Reducing LLM Token Usage by 44% with Selective Context Injection

Problem

An LLM-powered HTML generator injected all 18 design system component patterns into every prompt — ~3,055 tokens of context. But most requests only needed 3-7 components. The unused patterns wasted tokens and could confuse the model with irrelevant examples.

Key Insight

Run two LLM calls instead of one. The first call is cheap and fast (temperature=0, max 500 tokens) — it classifies which components the prompt needs. The second call receives only those component patterns.

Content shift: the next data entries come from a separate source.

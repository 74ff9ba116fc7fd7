//! A drill: two made-up sources, run in turns.
ghost use Rattle.std.specs.Prelude.{◌≡◌, ◌<◌, ◌≤◌, [], All, IfOk};
ghost use Rattle.lola_feed.specs.Drills.{drill_text};
ghost use Rattle.lola_front.specs.Front.{IsPlanOf};
ghost use Rattle.lola_model.specs.Acceptance.{IsAccepted};
ghost use Rattle.lola_monitor_run.specs.Behind.{HasTakenNone, IsBehind};
ghost use Rattle.lola_monitor_run.specs.Running.{keeping, setting_in};
ghost use Rattle.lola_monitor.specs.Drilling.{AreDrillWorkers, DrillsBy, IsDrillWorker, drill_setting};
ghost use Rattle.lola_monitor.specs.Monitor.{HasItsModels};

use crate::call_end::{CallEnd, Unplanned};
use crate::ending::{call_end_after, end_of};
use crate::nowhere::Nowhere;
use crate::planning::plan_of;
use lola_feed::worker::SourceWorker;
use lola_feed::{Drill, specification};
use lola_model::journal::Show;
use lola_model::plan::Plan;
use lola_monitor_command::command::DrillCommand;
use lola_monitor_run::rows::{MOST_ROWS, resume_in_turns};
use lola_monitor_run::run::Run;
use lola_port::Gate;
use lola_report::end::EndLine;
use lola_rows::RowReader;
use lola_value::text::Memory;
use std::alloc::Global;
use std::hash::RandomState;
use std::thread::Threads;

// The worker of source 0 or 1 of a drill.
fn drill_worker(
    alloc: Global,
    plan: &Plan,
    command: &DrillCommand,
    source: u32,
) -> Result<SourceWorker<Drill>, Memory>
    requires source { source < 2 }
    requires number { command.now.number < 2147483647 }
    ensures { IfOk result (λ worker. IsDrillWorker plan.now command.now source worker) }
{
    let file = Drill::create(command.number, source, command.rows);
    let reader = RowReader::create(alloc, plan, source, MOST_ROWS, file)?;
    Ok(SourceWorker::create(reader))
}

// The workers of both sources.
fn drill_workers(
    alloc: Global,
    plan: &Plan,
    command: &DrillCommand,
) -> Result<Vec<SourceWorker<Drill>>, Memory>
    requires number { command.now.number < 2147483647 }
    ensures { IfOk result (λ workers. AreDrillWorkers plan.now command.now workers.items) }
{
    let mut workers = Vec::with_capacity(alloc, 2)?;
    workers.push_reserved(drill_worker(alloc, plan, command, 0)?);
    workers.push_reserved(drill_worker(alloc, plan, command, 1)?);
    Ok(workers)
}

// The workers of both sources, and a run of the plan.
fn drill_room(
    alloc: Global,
    hasher: RandomState,
    plan: Plan,
    command: &DrillCommand,
) -> Result<(Run, Vec<SourceWorker<Drill>>), Memory>
    requires accepted { IsAccepted plan }
    requires number { command.now.number < 2147483647 }
    requires workers { (1 ≤ command.now.workers) × (command.now.workers ≤ 64) }
    ensures none { IfOk result (λ room. HasTakenNone (keeping room.0)) }
    ensures run { IfOk result (λ room. IsBehind [] [] (keeping room.0)) }
    ensures setting { IfOk result (λ room. setting_in (keeping room.0) ≡ drill_setting plan) }
    ensures workers { IfOk result (λ room. AreDrillWorkers plan command.now room.1.items) }
{
    let workers = drill_workers(alloc, &plan, command)?;
    let run = Run::create(alloc, hasher, plan, None, Show::Triggers, command.workers)?;
    Ok((run, workers))
}

// Lets workers go, none of whose sources has failed.
fn let_go(workers: Vec<SourceWorker<Drill>>)
    ensures { All (λ worker. worker.reader.source.count ≡ 0) workers.items }
{
    let mut workers = workers;
    while let Some(worker) = workers.pop() {
        let _source = worker.into_reader().into_source();
    }
}

// Runs made-up sources by a run that is new.
fn run_workers<R: Threads + Sync, G: Gate + Sync>(
    rt: &R,
    alloc: Global,
    run: &mut Run,
    workers: Vec<SourceWorker<Drill>>,
    _command: &DrillCommand,
    gate: &G,
) -> CallEnd
    requires accepted { IsAccepted (keeping run.old).state.plan }
    requires none { HasTakenNone (keeping run.old) }
    requires behind { IsBehind [] [] (keeping run.old) }
    requires setting { setting_in (keeping run.old) ≡ drill_setting (keeping run.old).state.plan }
    requires workers { AreDrillWorkers (keeping run.old).state.plan _command.now workers.items }
    ensures { IsPlanOf drill_text (keeping run.old).state.plan → HasItsModels (keeping run.old).state.plan → DrillsBy result _command.now }
{
    let mut out = Nowhere;
    let mut trace = Nowhere;
    let (workers, stopped) = resume_in_turns(
        rt, alloc, run, workers, None, &mut out, &mut trace, gate,
    );
    let end = end_of(workers.as_slice());
    let_go(workers);
    match call_end_after(alloc, run, stopped, end) {
        CallEnd::Line(line) => CallEnd::Drilled(line),
        _ => CallEnd::Memory,
    }
}

// Runs the made-up sources of a plan.
fn run_drill<R: Threads + Sync, G: Gate + Sync>(
    rt: &R,
    alloc: Global,
    hasher: RandomState,
    plan: Plan,
    command: &DrillCommand,
    gate: &G,
) -> CallEnd
    requires accepted { IsAccepted plan }
    requires number { command.now.number < 2147483647 }
    requires workers { (1 ≤ command.now.workers) × (command.now.workers ≤ 64) }
    ensures { IsPlanOf drill_text plan → HasItsModels plan → DrillsBy result command.now }
{
    let Ok(room) = drill_room(alloc, hasher, plan, command) else {
        return CallEnd::Memory;
    };
    let (mut run, workers) = room;
    run_workers(rt, alloc, &mut run, workers, command, gate)
}

/// Compiles the drill's specification and runs its two made-up sources under it, in turns. It fetches nothing, puts nothing, and
/// keeps one row of each source at most.
pub fn drill<R: Threads + Sync, G: Gate + Sync>(
    rt: &R,
    alloc: Global,
    hasher: RandomState,
    command: &DrillCommand,
    gate: &G,
) -> CallEnd
    requires number { command.now.number < 2147483647 }
    requires workers { (1 ≤ command.now.workers) × (command.now.workers ≤ 64) }
    ensures { DrillsBy result command.now }
{
    match plan_of(alloc, specification().as_bytes()) {
        Ok(plan) => run_drill(rt, alloc, hasher, plan, command, gate),
        Err(Unplanned::Refused(refusal)) => CallEnd::Drilled(EndLine::Refused(refusal)),
        Err(_) => CallEnd::Memory,
    }
}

Phase 1: analyze_prompt("show me a search page")
  → ["stat_card", "data_table", "filter_chips"]   # 200-400ms

Phase 2: generate(filtered_prompt, user_prompt)
  → complete HTML with only 3 component patterns   # 3-8s

For refinement (editing existing HTML), detect components already in the output using CSS marker combinations — no LLM call needed. Then union existing + newly needed components.

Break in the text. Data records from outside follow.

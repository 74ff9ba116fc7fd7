//! How the sources of a run ended together, and what a call ends with after it.
ghost use Rattle.std.specs.Prelude.{◌≡◌, ◌≤◌, IfOk, length, map};
ghost use Rattle.lola_monitor_run.specs.Running.{keeping};
ghost use Rattle.lola_monitor.specs.Monitor.{fault_line as fault_line_of, first_malformed};
ghost use Rattle.lola_monitor.specs.Outcomes.{OutcomeAfter, end_of as end_of_all, ends_of, first_failed, is_failed_read as is_failed_read_of, line_of, malformed_at as malformed_at_of, malformed_by, source_end};

use crate::call_end::CallEnd;
use lola_feed::worker::{SourceEnd, SourceWorker};
use lola_model::plan::Plan;
use lola_model::source::MalformedKind;
use lola_monitor_run::run::Run;
use lola_monitor_run::stop::Stop;
use lola_port::Source;
use lola_report::end::EndLine;
use lola_value::text::{Memory, Text};
use lola_value::value::FaultKind;
use std::alloc::Global;

/// How the sources of a run ended together. A failed read comes before a malformed line, and of several the least is named.
#[derive(Clone, Copy)]
pub enum SourcesEnd {
    /// Each source ended well.
    Whole,
    /// A read of the source of this number failed.
    ReadFailed(u32),
    /// The source of this number has a malformed line, the row of this number (the heading is row 0).
    Malformed {
        source: u32,
        row: u64,
        kind: MalformedKind,
    },
}

// Whether a read failed.
fn is_failed_read(end: Option<SourceEnd>) -> bool
    ensures { result ≡ is_failed_read_of end }
{
    matches!(end, Some(SourceEnd::ReadFailed))
}

// How sources ended together where this one has a malformed line.
fn malformed_at(source: u32, end: Option<SourceEnd>) -> Option<SourcesEnd>
    ensures { result ≡ malformed_at_of source (source_end end) }
{
    match end {
        Some(SourceEnd::Malformed { kind, row }) => {
            Some(SourcesEnd::Malformed { source, row, kind })
        }
        _ => None,
    }
}

// The least source whose read failed.
fn failed_in<S: Source>(workers: &[SourceWorker<S>]) -> Option<u32>
    requires { length workers.now ≤ 64 }
    ensures { result ≡ first_failed (ends_of workers.now) }
{
    for at in 0..workers.len() {
        if is_failed_read(workers[at].end()) {
            return Some(at as u32);
        }
    }
    None
}

// The least source with a malformed line, and where that stands.
fn malformed_in<S: Source>(workers: &[SourceWorker<S>]) -> SourcesEnd
    requires { length workers.now ≤ 64 }
    ensures { result ≡ malformed_by (first_malformed (map source_end (ends_of workers.now))) }
{
    for at in 0..workers.len() {
        if let Some(end) = malformed_at(at as u32, workers[at].end()) {
            return end;
        }
    }
    SourcesEnd::Whole
}

/// How sources ended together.
pub fn end_of<S: Source>(workers: &[SourceWorker<S>]) -> SourcesEnd
    requires { length workers.now ≤ 64 }
    ensures { result ≡ end_of_all (ends_of workers.now) }
{
    match failed_in(workers) {
        Some(at) => SourcesEnd::ReadFailed(at),
        None => malformed_in(workers),
    }
}

// The line of a fault.
fn fault_line(
    alloc: Global,
    plan: &Plan,
    stream: u32,
    kind: FaultKind,
    time: u64,
) -> Result<EndLine, Memory>
    ensures { IfOk result (λ line. line ≡ fault_line_of plan.now (record { stream = stream; kind = kind; time = time })) }
{
    let streams = plan.spec.streams.as_slice();
    let name = match streams.get(stream as usize) {
        Some(stream) => Text::from_bytes(alloc, stream.name.as_bytes())?,
        None => Text::from_bytes(alloc, b"")?,
    };
    Ok(EndLine::Fault { name, kind, time })
}

// The line of a run that no fault ended.
fn last_line(run: &Run, end: SourcesEnd) -> EndLine
    ensures { result ≡ line_of end (keeping run.now) }
{
    match end {
        SourcesEnd::ReadFailed(at) => EndLine::UnreadableSource(at),
        SourcesEnd::Malformed { source, row, kind } => EndLine::Malformed { source, row, kind },
        SourcesEnd::Whole => {
            let counts = run.counts();
            EndLine::Done {
                accepted: run.accepted(),
                late: run.late(),
                steps: counts.steps,
                lines: counts.lines,
            }
        }
    }
}

/// What a call ends with after a run. What stopped the run comes before how its sources ended.
pub fn call_end_after(
    alloc: Global,
    run: &Run,
    stopped: Result<(), Stop>,
    end: SourcesEnd,
) -> CallEnd
    ensures { OutcomeAfter stopped end (keeping run.now).state.plan (keeping run.now) result }
{
    match stopped {
        Ok(()) => CallEnd::Line(last_line(run, end)),
        Err(Stop::Fault { stream, kind, time }) => {
            match fault_line(alloc, run.plan(), stream, kind, time) {
                Ok(line) => CallEnd::Line(line),
                Err(_) => CallEnd::Memory,
            }
        }
        Err(Stop::CutFault { .. }) => CallEnd::CutFault,
        Err(Stop::Put) => CallEnd::Put,
        Err(Stop::Memory) => CallEnd::Memory,
    }
}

This delivered a 43.7% reduction in context tokens, 23.3% reduction in total system prompt size, with zero regressions across 16 E2E tests.

Takeaway

A cheap classification pass to select relevant context — then injecting only what's needed — is more token-efficient than sending a full knowledge base on every prompt. The two-call overhead (~400ms) is well worth the savings on the main generation.